Keating v. Office of Thrift Supervision , 45 F.3d 322, 325 (9th Cir. 1995). It is within the Court's discretion to grant or deny a stay after weighing these factors. Id.

The Court finds that all of these factors favor staying this case. First, a stay will not prejudice Plaintiffs, since it will probably be short: the JPML is already considering whether to transfer the case. Further, the benefits of having a single judge (Judge Sippel, who oversees the NuvaRing MDL) hear the motion to remand alongside all others like it will outweigh any delays. Second, the stay will impose no burden on Defendants, since they requested it.
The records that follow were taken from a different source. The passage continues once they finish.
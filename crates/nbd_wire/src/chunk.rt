ghost use Rattle.std.specs.Prelude.{◌≡◌, ◌+◌, ◌*◌, ◌≤◌, ◌<◌, ◌^◌, ◌++◌, true, length, vec_len, vec_capacity};
ghost use Rattle.std.specs.Int.{w64, to_be_bytes};
ghost use Rattle.std.specs.List.{flat_map};
ghost use Rattle.nbd_wire.specs.Errno.{errno_number};
ghost use Rattle.nbd_wire.specs.Chunk.{block_status, chunk_bytes, chunk_head, error, offset_data, offset_hole, run_bytes};

use crate::error::Errno;
use crate::message::Run;
use byteorder::{BigEndian, ByteOrder};

const CHUNK_MAGIC: u32 = 0x668e_33ef;

const DONE: u16 = 1;

// The types of chunks.
const OFFSET_DATA: u16 = 1;

const OFFSET_HOLE: u16 = 2;

const BLOCK_STATUS: u16 = 5;

const ERROR: u16 = 0x8001;

// The metadata context `base:allocation`, as the handshake calls it.
const CONTEXT: u32 = 1;

// How many bytes a chunk takes, before the data and the runs that it carries.
pub const DATA_HEAD_LEN: usize = 28;

pub const HOLE_LEN: usize = 32;

pub const STATUS_HEAD_LEN: usize = 24;

pub const RUN_LEN: usize = 8;

pub const ERROR_LEN: usize = 26;

// The head of a chunk, with the length of its payload.
#[tactic(auto, unfolding(crate::specs::Chunk::chunk_head))]
fn encode_head(done: bool, kind: u16, cookie: u64, size: u32) -> [u8; 20]
    ensures { result ≡ chunk_head done kind cookie size }
{
    let mut bytes = [0; 20];
    BigEndian::write_u32(&mut bytes[0..4], CHUNK_MAGIC);
    BigEndian::write_u16(&mut bytes[4..6], if done { DONE } else { 0 });
    BigEndian::write_u16(&mut bytes[6..8], kind);
    BigEndian::write_u64(&mut bytes[8..16], cookie);
    BigEndian::write_u32(&mut bytes[16..20], size);
    bytes
}

/// Appends bytes for which there is room.
pub fn put(out: &mut Vec<u8>, bytes: &[u8])
    requires { vec_len out.old + length bytes.now ≤ vec_capacity out.old }
    ensures items { out.new.items ≡ out.old.items ++ bytes.now }
    ensures len { vec_len out.new ≡ vec_len out.old + length bytes.now }
    ensures room { vec_capacity out.old ≤ vec_capacity out.new }
{
    out.extend_from_slice(bytes).unwrap();
}

/// Appends the head of a chunk with `size` bytes of data, for which there is room.
pub fn put_data_head(out: &mut Vec<u8>, done: bool, cookie: u64, offset: u64, size: usize)
    requires room { vec_len out.old + DATA_HEAD_LEN ≤ vec_capacity out.old }
    requires fits { 8 + size < 2 ^ 32 }
    ensures items { out.new.items ≡ out.old.items ++ (chunk_head done 1 cookie (8 + size) ++ to_be_bytes w64 offset) }
    ensures len { vec_len out.new ≡ vec_len out.old + DATA_HEAD_LEN }
    ensures room { vec_capacity out.old ≤ vec_capacity out.new }
{
    put(
        out,
        &encode_head(done, OFFSET_DATA, cookie, 8 + size as u32),
    );
    put(out, &offset.to_be_bytes());
}

/// Appends the chunk with these data, for which there is room.
pub fn put_data(out: &mut Vec<u8>, done: bool, cookie: u64, offset: u64, bytes: &[u8])
    requires room { vec_len out.old + DATA_HEAD_LEN + length bytes.now ≤ vec_capacity out.old }
    requires fits { 8 + length bytes.now < 2 ^ 32 }
    ensures items { out.new.items ≡ out.old.items ++ chunk_bytes done cookie (offset_data offset bytes.now) }
    ensures len { vec_len out.new ≡ vec_len out.old + DATA_HEAD_LEN + length bytes.now }
    ensures room { vec_capacity out.old ≤ vec_capacity out.new }
{
    put_data_head(out, done, cookie, offset, bytes.len());
    put(out, bytes);
}

/// Appends the chunk on a hole, for which there is room.
pub fn put_hole(out: &mut Vec<u8>, done: bool, cookie: u64, offset: u64, size: u32)
    requires { vec_len out.old + HOLE_LEN ≤ vec_capacity out.old }
    ensures items { out.new.items ≡ out.old.items ++ chunk_bytes done cookie (offset_hole offset size) }
    ensures len { vec_len out.new ≡ vec_len out.old + HOLE_LEN }
    ensures room { vec_capacity out.old ≤ vec_capacity out.new }
{
    put(out, &encode_head(done, OFFSET_HOLE, cookie, 12));
    put(out, &offset.to_be_bytes());
    put(out, &size.to_be_bytes());
}

/// Appends the one chunk of an error, for which there is room.
pub fn put_error(out: &mut Vec<u8>, cookie: u64, errno: Errno)
    requires { vec_len out.old + ERROR_LEN ≤ vec_capacity out.old }
    ensures { out.new.items ≡ out.old.items ++ chunk_bytes true cookie (error (errno_number errno)) }
{
    put(out, &encode_head(true, ERROR, cookie, 6));
    put(out, &errno.number().to_be_bytes());
    // The length of the message.
    put(out, &0u16.to_be_bytes());
}

/// Appends the one chunk with these states, for which there is room.
pub fn put_states(out: &mut Vec<u8>, cookie: u64, runs: &[Run])
    requires room { vec_len out.old + STATUS_HEAD_LEN + RUN_LEN * length runs.now ≤ vec_capacity out.old }
    requires fits { length runs.now ≤ 1024 }
    ensures { out.new.items ≡ out.old.items ++ chunk_bytes true cookie (block_status runs.now) }
{
    let size = 4 + 8 * runs.len() as u32;
    put(out, &encode_head(true, BLOCK_STATUS, cookie, size));
    put(out, &CONTEXT.to_be_bytes());
    put_runs(out, runs);
}

fn put_runs(out: &mut Vec<u8>, runs: &[Run])
    requires { vec_len out.old + RUN_LEN * length runs.now ≤ vec_capacity out.old }
    ensures { out.new.items ≡ out.old.items ++ flat_map run_bytes runs.now }
{
    for run in runs {
        put(out, &run.length.to_be_bytes());
        put(out, &run.status.to_be_bytes());
    }
}
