impl<'a, R: Wait + Clock> ServerLog<'a, R> {
    /// For the image at this path; no figures are counted.
    pub fn new(
        rt: &'a R,
        lines: &'a LogLines,
        path: &'a str,
        is_verbose: bool,
    ) -> ServerLog<'a, R> {
        ServerLog {
            rt,
            lines,
            path,
            is_verbose,
            status: None,
        }
    }

    /// The same log, which also counts the figures that are told at this socket.
    pub fn with_status(self, status: &'a StatusSocket<'a>) -> ServerLog<'a, R> {
        ServerLog {
            status: Some(status),
            ..self
        }
    }

    /// The threads of the server.
    pub fn threads(&self) -> &'a R {
        self.rt
    }

    /// The socket at which figures are told, if they are.
    pub fn status(&self) -> Option<&'a StatusSocket<'a>> {
        self.status
    }

    /// The path of the image.
    pub fn path(&self) -> &'a str {
        self.path
    }

    /// Whether all is told that happens.
    pub fn is_verbose(&self) -> bool {
        self.is_verbose
    }

    /// Tells a line, and never waits for a reader. A line that comes too soon after another one of its topic, or for which there is no
    /// room, is left out, and counted.
    pub fn tell<T: Display + Drop>(&self, topic: Topic, text: T) {
        if !self.is_verbose && !topic.is_urgent() {
            return;
        }
        let mut lines = self.lines.lines.lock(self.rt);
        if lines.is_due(self.rt, topic) {
            lines.tell_left_out(self.path);
            let path = self.path;
            lines.add(format_args!("{path}: {text}"));
        } else {
            lines.left_out = lines.left_out.saturating_add(1);
        }
        drop(lines);
        self.lines.added.notify_one();
    }

    /// Tells how many lines were left out, and then the last line, if there is one. Waits for a second at most until all are written.
    pub fn finish(&self, last: &[u8]) {
        let mut lines = self.lines.lines.lock(self.rt);
        lines.tell_left_out(self.path);
        if !last.is_empty() {
            // With no room for it, the exit status alone tells.
            let _ = lines.has_added_bytes(last);
        }
        self.lines.added.notify_one();
        let is_unwritten = |lines: &mut Lines| lines.is_writing || !lines.waiting.is_empty();
        let _written = self.lines.written.wait_timeout_while(
            self.rt,
            lines,
            Duration::from_secs(LAST_WAIT),
            is_unwritten,
        );
    }

    /// Tells how many commands an opening has recovered.
    pub fn tell_recovery(&self, commands: u64, took: Duration) {
        self.tell(
            Topic::Recovered,
            format_args!("recovered {commands} commands in {}", Seconds(took)),
        );
    }

    /// Tells a line, however many came before it; of one for which there is no room it is told that it was left out.
    pub fn say<T: Display + Drop>(&self, line: T) {
        self.lines.lines.lock(self.rt).add(line);
        self.lines.added.notify_one();
    }

    /// A write of the device begins to wait for space on its disk, or has ended such a wait.
    pub fn begin_space_wait(&self) {
        if let Some(status) = self.status {
            status.meter.begin_space_wait();
        }
    }

    pub fn end_space_wait(&self, took: Duration) {
        if let Some(status) = self.status {
            status.meter.end_space_wait(took);
        }
    }

    // Counts that a call of the device has failed.
    fn count_failure<T: Display + Drop>(&self, cause: T) {
        if let Some(status) = self.status {
            status.note_failure(self.rt, cause);
        }
    }

    // Counts what a thread of the export has done.
    fn count_point(&self, at: Point) {
        let Some(status) = self.status else {
            return;
        };
        match at {
            Point::Stored {
                commands,
                bytes,
                took,
            } => status.meter.groups.note(commands, bytes, micros_of(took)),
            Point::Copied { blocks, took } => {
                status.meter.checkpoints.note(blocks, 0, micros_of(took));
            }
            Point::NoMemory => status.meter.shortages.add(1),
            Point::Waited { reason, took } => status.meter.note_wait(reason, took),
            Point::Append | Point::Step | Point::Answered => {}
        }
    }

    // Counts what has happened to a client.
    fn count_event(&self, event: &Event<'_>) {
        let Some(status) = self.status else {
            return;
        };
        match event {
            Event::Came { .. } => status.meter.came.add(1),
            Event::Left { .. } => status.meter.left.add(1),
            Event::Begun => status.meter.begun.add(1),
            Event::Served {
                client,
                head,
                refused,
                took,
                delay,
            } => status
                .meter
                .note_served(*client, head, *refused, *took, *delay),
            _ => {}
        }
    }

    fn tell_end(&self, client: u64, end: Result<(), End>, traffic: Traffic) {
        let Traffic {
            requests,
            bytes_read,
            bytes_written,
            most_in_progress,
        } = traffic;
        let way = way_out(end);
        if most_in_progress > 1 {
            self.tell(
                Topic::Left,
                format_args!(
                    "client {client} {way} after {requests} requests, at most {most_in_progress} in progress, {bytes_read} bytes read and {bytes_written} written"
                ),
            );
            return;
        }
        self.tell(
            Topic::Left,
            format_args!(
                "client {client} {way} after {requests} requests, {bytes_read} bytes read and {bytes_written} written"
            ),
        );
    }
}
Third, staying the case promotes judicial economy and uniform decision-making, because the motion to remand in this case raises issues identical to those raised in the numerous other cases against Defendants in this district. Moreover, several other cases involving the same causes of action and jurisdictional questions have already been stayed in this Court and elsewhere. Having a single judge oversee all of these cases encourages efficiency and uniform decision-making. Finally, staying the case is not inconsistent with or burdensome for the interests of non-parties or the general public.

This reasoning is consistent with recent decisions by Judges Hamilton and Armstrong to stay cases pending transfers to the NuvaRing MDL. See Tucker v. Organon, No. 13-cv-0728 SBA; Burton v. Organon, No. 13-cv-01535 PJH; Gonzales v. Organon, No. 12-cv-6161 PJH. Judge Wilken stayed a similar case without issuing an order. See Wilson v. Organon, 13-cv-0705 CW. The District Courts in Central District of California have stayed eight similar actions. See Reply ISO Mot. to Stay at 1 n.1 (citing the Central District's orders).

Plaintiffs urge the Court to rule on their motion to remand before considering the motion to stay. See Opp'n to Mot. to Stay at 2 (citing Meyers v. Bayer A.G. , 143 F.Supp.2d 1044, 1049 (E.D. Wis. 2001)). The Court declines to do so. It is obvious to the Court that it can consider a motion to stay before a motion to remand, and that the benefits of having so many almost-identical motions to remand decided by a single judge (if the cases are transferred) far outweigh risking an array of conflicting opinions. This Court's recent decisions support this conclusion. None of Plaintiffs' arguments otherwise are compelling: the Court will not apply other courts' law on this matter, nor will the Court find that Plaintiffs have shown any past or future prejudice resulting from waiting a little longer for their motion's disposition. (It is, after all, not set for a hearing until late July, the same time the JPML will consider Plaintiffs' objection to its conditional transfer order.)

Accordingly, this case and the Court's determination of Plaintiffs' motion to remand are STAYED pending the JPML's decision on transferring the case.